» **Extracted material**

=======

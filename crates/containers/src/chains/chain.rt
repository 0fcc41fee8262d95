// Lists that share their tails.
ghost use Rattle.std.specs.Prelude.{◌≡◌, [], ◌∷◌, IfOk, MatchOption};
ghost use Rattle.std.specs.Iterator.{YieldsFirstRef, item_count};

use std::alloc::{AllocError, Global};
use std::fmt;
use std::marker::Model;
use std::rc::Rc;

/// A list that contracts see as its elements. What is put before it shares it, and so does a copy.
#[cycle(chain)]
pub struct Chain<T: Drop> {
    top: Link<T>,
}

#[cycle(chain)]
enum Link<T: Drop> {
    End,
    More(Rc<Cell<T>>),
}

#[cycle(chain)]
#[derive(Drop)]
struct Cell<T: Drop> {
    first: T,
    rest: Chain<T>,
}

impl<T: Drop> Model for Chain<T> {
    ghost use Rattle.std.specs.Prelude.{List, length};
    ghost use Rattle.std.specs.Coded.{coded_list};

    ghost Value = { List T };

    ghost coded = { coded_list T.code };

    ghost use Rattle.containers.specs.chains.Items.{items};

    ghost view = { λ a. items a.top };

    ghost size = { length };

    ghost use Rattle.std.proofs.Common.{arith, length-append};

    ghost size_decreases = { λ a h. Prim.grind (arith, length-append) };
}

impl<T: Drop> Chain<T> {
    /// The empty list.
    pub fn new() -> Chain<T>
        ensures { result ≡ [] }
    {
        Chain { top: Link::End }
    }

    /// The list with an element before all of another one, which it shares.
    pub fn with(alloc: Global, first: T, rest: Chain<T>) -> Result<Chain<T>, AllocError>
        ensures { IfOk result (λ chain. chain ≡ first ∷ rest) }
    {
        let cell = Rc::new(alloc, Cell { first, rest })?;
        Ok(Chain {
            top: Link::More(cell),
        })
    }

    /// The first element, and the list behind it.
    pub fn split(&self) -> Option<(&T, &Chain<T>)>
        ensures { MatchOption result (self.now ≡ []) (λ parts. self.now ≡ parts.0.now ∷ parts.1.now) }
    {
        match &self.top {
            Link::End => None,
            Link::More(cell) => Some((&cell.first, &cell.rest)),
        }
    }

    /// The same list, which shares all elements. It fails only where there are too many copies to be counted.
    pub fn share(&self) -> Result<Chain<T>, AllocError>
        ensures { IfOk result (λ chain. chain ≡ self.now) }
    {
        match &self.top {
            Link::End => Ok(Chain { top: Link::End }),
            Link::More(cell) => Ok(Chain {
                top: Link::More(cell.clone()?),
            }),
        }
    }
}

impl<T: Drop> Chain<T> {
    /// The elements, one after another.
    pub fn iter(&self) -> ChainIter<'_, T>
        ensures { result ≡ self.now }
    {
        ChainIter { rest: self }
    }
}

/// The elements of a list that are left.
pub struct ChainIter<'a, T: Drop> {
    rest: &'a Chain<T>,
}

impl<'a, T: Drop> Model for ChainIter<'a, T> {
    ghost use Rattle.std.specs.Prelude.{List};
    ghost use Rattle.std.specs.Coded.{coded_list};

    ghost Value = { List T };

    ghost coded = { coded_list T.code };

    ghost view = { λ i. i.rest.now };
}

impl<'a, T: Drop> Drop for ChainIter<'a, T> {
    fn drop(self) {
        let ChainIter { rest: _rest } = self;
    }
}

impl<'a, T: Drop> Iterator for ChainIter<'a, T> {
    type Item = &'a T;

    ghost next_gives = { YieldsFirstRef (λ s. s) };

    ghost remaining = { item_count (λ s. s) };

    fn next(&mut self) -> Option<&'a T> {
        let (first, rest) = self.rest.split()?;
        self.rest = rest;
        Some(first)
    }
}

impl<'a, T: Drop> IntoIterator for &'a Chain<T> {
    type Item = &'a T;

    type IntoIter = ChainIter<'a, T>;

    ghost into_iter_gives = { λ it i. i ≡ it.now };

    fn into_iter(self) -> ChainIter<'a, T> {
        self.iter()
    }
}

impl<T: Drop + fmt::Debug> fmt::Debug for Chain<T> {
    fn fmt<W: fmt::Write>(&self, f: &mut fmt::Formatter<W>) -> fmt::Result {
        write!(f, "[")?;
        for item in self.iter() {
            write!(f, "{item:?}, ")?;
        }
        write!(f, "]")
    }
}

// A loop, so that a long list is dropped in little stack. It ends where another list shares what is left.
impl<T: Drop> Drop for Chain<T> {
    fn drop(mut self) {
        'cells: loop {
            let Chain { top } = self;
            match top {
                Link::End => return,
                Link::More(cell) => match Rc::into_inner(cell) {
                    None => return,
                    Some(last) => {
                        let Cell {
                            first: _first,
                            rest,
                        } = last;
                        self = rest;
                    }
                },
            }
        }
    }
}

=======

» **Exercise**
Gather each line of the records holding the string "before".

» **Solved problem**
/// A list that contracts see as its elements. What is put before it shares it, and so does a copy.
    /// The list with an element before all of another one, which it shares.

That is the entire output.